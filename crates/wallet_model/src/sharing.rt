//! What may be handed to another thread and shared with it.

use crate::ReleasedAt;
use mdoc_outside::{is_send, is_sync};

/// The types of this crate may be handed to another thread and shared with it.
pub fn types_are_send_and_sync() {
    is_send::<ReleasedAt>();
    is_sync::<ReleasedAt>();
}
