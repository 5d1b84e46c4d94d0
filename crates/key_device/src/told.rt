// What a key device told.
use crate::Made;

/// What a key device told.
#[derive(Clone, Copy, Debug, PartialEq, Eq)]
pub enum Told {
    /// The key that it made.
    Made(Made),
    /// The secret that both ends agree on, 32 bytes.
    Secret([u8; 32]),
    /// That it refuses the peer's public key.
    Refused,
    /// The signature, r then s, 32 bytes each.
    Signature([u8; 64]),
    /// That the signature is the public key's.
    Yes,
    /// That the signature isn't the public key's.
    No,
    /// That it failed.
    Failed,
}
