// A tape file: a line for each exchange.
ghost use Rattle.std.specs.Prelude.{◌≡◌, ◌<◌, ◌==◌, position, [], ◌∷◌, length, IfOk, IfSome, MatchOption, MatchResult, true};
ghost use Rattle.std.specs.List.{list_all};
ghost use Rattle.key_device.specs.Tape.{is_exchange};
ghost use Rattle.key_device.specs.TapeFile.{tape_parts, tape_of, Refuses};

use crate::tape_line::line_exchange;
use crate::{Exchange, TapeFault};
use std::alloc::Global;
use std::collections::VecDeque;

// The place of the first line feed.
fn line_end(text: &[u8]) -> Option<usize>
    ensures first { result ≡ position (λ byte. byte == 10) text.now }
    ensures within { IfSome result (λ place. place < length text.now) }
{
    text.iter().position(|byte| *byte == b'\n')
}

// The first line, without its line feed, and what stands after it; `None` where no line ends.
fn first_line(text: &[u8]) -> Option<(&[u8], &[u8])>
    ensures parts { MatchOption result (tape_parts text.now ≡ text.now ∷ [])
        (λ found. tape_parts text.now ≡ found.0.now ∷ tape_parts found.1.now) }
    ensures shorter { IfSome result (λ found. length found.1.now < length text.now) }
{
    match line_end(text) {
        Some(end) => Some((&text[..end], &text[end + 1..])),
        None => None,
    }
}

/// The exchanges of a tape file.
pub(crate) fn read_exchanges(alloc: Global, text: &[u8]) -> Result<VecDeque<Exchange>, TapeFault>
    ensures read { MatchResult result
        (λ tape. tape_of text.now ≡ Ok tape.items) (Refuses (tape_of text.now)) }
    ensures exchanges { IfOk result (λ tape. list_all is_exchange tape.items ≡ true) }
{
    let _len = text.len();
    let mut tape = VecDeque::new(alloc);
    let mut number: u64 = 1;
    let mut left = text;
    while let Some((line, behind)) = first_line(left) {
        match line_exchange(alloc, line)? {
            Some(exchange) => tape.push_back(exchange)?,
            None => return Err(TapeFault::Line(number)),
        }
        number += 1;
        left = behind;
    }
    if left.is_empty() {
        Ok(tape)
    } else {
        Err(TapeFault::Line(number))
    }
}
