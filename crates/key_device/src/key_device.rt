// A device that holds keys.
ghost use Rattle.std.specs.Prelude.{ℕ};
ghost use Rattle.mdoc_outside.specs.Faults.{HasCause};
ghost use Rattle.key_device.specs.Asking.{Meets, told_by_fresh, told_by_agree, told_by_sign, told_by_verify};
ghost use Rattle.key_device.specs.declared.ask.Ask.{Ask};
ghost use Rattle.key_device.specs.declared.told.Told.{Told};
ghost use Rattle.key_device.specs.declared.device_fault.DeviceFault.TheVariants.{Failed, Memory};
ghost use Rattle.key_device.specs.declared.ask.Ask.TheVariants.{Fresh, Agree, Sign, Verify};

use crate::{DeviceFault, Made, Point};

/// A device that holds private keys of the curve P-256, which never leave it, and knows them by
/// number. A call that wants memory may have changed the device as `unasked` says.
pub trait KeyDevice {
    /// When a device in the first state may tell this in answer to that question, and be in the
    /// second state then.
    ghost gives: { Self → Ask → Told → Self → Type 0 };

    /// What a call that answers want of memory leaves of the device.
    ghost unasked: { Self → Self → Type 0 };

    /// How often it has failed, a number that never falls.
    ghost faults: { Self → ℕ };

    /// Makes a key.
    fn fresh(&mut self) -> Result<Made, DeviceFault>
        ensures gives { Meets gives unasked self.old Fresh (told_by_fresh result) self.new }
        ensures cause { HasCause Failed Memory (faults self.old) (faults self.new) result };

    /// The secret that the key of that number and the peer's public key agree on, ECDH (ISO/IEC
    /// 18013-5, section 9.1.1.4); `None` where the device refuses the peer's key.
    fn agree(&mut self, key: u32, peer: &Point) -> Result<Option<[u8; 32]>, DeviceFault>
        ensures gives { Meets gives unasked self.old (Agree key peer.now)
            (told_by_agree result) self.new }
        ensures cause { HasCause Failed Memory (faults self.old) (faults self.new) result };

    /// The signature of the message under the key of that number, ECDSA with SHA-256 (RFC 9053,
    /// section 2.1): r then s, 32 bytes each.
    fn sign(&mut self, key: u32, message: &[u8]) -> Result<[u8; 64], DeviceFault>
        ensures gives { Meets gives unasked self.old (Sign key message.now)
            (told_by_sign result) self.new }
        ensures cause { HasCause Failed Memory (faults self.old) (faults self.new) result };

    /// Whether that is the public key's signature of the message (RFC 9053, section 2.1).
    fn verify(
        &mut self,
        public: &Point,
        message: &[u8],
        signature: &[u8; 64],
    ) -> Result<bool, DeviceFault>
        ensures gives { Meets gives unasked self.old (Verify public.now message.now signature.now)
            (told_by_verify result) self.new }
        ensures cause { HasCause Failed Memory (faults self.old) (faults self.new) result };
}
■ ■ ■ ■
# TASK STATEMENT
Each line above that has the word "place" must be copied.

# RESULT FOR THIS EXERCISE
// The place of the first line feed.
    ensures within { IfSome result (λ place. place < length text.now) }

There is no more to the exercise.